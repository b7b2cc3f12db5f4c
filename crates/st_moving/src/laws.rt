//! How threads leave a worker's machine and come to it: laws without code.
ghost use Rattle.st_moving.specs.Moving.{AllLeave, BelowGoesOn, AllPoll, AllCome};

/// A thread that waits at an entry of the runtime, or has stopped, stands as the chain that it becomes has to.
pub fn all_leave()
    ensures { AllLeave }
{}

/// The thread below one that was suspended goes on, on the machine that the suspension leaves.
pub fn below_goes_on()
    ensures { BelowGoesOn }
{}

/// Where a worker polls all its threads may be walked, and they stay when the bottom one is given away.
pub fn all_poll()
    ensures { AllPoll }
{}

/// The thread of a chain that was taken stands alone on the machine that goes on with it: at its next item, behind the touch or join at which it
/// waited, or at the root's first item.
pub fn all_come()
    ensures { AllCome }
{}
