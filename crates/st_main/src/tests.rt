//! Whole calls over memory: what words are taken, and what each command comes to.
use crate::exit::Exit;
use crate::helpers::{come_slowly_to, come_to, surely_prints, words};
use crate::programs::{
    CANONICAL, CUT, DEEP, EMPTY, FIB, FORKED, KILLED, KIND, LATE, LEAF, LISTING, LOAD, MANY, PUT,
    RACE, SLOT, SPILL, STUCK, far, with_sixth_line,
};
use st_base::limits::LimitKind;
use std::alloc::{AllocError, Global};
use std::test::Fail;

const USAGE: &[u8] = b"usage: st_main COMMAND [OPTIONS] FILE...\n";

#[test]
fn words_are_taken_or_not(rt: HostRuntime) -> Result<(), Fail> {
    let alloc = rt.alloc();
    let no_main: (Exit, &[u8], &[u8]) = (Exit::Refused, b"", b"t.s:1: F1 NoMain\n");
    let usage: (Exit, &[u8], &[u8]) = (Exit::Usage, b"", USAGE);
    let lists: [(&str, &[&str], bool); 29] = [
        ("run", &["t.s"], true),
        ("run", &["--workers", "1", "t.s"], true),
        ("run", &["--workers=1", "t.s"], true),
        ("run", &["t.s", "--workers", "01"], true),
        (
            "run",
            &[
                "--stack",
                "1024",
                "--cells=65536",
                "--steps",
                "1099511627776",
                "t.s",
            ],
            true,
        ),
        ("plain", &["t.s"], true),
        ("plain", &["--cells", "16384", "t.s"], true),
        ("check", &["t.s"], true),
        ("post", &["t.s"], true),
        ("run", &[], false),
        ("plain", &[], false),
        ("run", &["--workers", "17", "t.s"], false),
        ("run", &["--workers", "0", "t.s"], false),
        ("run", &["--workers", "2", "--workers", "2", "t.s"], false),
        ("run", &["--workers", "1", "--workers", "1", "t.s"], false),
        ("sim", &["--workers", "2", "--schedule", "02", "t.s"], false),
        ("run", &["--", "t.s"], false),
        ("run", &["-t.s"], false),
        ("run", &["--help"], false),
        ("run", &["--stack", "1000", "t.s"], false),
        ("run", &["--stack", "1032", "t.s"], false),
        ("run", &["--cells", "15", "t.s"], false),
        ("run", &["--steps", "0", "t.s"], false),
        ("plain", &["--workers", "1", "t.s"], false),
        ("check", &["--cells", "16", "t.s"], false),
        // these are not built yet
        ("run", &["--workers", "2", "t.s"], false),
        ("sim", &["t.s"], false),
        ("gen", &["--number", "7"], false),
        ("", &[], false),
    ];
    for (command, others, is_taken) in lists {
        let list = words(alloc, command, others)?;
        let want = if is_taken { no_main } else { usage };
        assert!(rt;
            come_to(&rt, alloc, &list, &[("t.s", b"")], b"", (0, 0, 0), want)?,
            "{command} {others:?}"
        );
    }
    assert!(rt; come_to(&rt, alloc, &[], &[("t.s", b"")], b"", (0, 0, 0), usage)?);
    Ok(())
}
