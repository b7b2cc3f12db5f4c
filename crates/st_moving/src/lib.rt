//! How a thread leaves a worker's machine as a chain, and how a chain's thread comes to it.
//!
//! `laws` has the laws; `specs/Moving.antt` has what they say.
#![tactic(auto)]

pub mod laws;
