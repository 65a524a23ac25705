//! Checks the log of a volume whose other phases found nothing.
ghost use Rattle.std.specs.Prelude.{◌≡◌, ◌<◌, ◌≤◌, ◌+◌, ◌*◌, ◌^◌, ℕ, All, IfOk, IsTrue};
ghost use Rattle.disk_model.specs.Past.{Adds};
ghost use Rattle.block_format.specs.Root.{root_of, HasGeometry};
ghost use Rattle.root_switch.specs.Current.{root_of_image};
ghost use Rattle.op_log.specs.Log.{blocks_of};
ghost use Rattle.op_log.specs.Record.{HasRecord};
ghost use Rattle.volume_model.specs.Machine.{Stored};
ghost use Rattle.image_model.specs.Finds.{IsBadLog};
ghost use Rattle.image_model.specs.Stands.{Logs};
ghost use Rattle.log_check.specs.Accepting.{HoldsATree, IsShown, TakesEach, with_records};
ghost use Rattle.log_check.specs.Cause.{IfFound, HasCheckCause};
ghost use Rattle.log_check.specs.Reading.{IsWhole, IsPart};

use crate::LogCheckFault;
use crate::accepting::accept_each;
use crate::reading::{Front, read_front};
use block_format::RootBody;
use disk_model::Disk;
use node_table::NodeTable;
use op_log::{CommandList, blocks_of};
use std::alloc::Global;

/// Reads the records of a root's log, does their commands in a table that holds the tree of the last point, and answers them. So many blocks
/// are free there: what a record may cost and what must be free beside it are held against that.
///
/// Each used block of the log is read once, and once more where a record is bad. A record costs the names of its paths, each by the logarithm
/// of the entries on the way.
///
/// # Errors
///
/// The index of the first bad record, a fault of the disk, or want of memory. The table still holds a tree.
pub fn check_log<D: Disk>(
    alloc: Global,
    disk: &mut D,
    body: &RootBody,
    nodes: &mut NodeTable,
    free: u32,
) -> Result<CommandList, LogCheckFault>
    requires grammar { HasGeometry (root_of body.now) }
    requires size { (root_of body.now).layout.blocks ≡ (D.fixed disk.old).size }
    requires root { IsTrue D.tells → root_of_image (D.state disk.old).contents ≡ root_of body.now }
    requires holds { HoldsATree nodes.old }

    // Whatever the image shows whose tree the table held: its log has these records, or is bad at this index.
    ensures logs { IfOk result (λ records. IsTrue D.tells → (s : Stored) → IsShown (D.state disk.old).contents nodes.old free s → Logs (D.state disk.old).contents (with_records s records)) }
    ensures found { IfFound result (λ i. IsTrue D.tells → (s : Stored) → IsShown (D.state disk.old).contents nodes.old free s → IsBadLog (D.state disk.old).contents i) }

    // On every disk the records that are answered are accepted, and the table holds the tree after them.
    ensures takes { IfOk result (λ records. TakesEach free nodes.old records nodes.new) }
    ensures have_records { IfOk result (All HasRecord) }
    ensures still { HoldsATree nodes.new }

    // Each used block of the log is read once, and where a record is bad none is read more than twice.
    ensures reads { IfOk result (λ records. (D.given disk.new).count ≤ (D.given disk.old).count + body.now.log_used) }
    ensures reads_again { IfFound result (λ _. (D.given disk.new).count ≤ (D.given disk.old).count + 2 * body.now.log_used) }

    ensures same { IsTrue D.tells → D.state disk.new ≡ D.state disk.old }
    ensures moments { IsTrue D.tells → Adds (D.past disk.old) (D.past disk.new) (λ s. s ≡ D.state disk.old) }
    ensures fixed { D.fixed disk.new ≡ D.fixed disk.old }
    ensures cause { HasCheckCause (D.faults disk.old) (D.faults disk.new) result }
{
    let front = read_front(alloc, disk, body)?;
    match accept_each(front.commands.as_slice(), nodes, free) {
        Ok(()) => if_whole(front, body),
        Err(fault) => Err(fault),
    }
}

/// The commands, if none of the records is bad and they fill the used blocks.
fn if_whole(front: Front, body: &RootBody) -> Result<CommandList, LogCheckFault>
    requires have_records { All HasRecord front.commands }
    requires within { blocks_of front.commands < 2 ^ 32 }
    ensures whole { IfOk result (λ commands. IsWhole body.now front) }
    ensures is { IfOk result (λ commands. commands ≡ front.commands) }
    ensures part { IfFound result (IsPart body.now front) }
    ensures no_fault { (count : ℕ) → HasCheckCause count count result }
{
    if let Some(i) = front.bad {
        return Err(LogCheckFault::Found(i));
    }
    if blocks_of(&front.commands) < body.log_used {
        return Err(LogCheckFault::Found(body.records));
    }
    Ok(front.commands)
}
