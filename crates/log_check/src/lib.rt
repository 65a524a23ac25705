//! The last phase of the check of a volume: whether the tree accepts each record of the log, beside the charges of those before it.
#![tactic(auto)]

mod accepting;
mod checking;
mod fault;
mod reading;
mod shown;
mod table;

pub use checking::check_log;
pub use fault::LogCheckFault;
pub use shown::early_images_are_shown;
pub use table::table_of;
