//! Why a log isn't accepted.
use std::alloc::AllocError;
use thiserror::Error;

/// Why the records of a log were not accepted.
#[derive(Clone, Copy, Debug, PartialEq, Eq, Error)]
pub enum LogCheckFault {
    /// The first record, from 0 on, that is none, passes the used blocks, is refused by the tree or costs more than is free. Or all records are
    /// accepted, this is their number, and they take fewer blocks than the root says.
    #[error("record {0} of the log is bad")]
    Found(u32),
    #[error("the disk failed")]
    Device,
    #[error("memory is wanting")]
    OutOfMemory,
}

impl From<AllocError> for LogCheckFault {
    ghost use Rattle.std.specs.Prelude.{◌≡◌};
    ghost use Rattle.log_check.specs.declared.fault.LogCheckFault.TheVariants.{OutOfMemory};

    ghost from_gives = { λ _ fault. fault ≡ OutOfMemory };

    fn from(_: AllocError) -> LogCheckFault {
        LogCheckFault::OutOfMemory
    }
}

◆ **Directions for this task**:
Which lines above include "IsPart"? Show each of them by copying it.

◆ **Worked solution**:
ghost use Rattle.log_check.specs.Reading.{IsWhole, IsPart};
    ensures part { IfFound result (IsPart body.now front) }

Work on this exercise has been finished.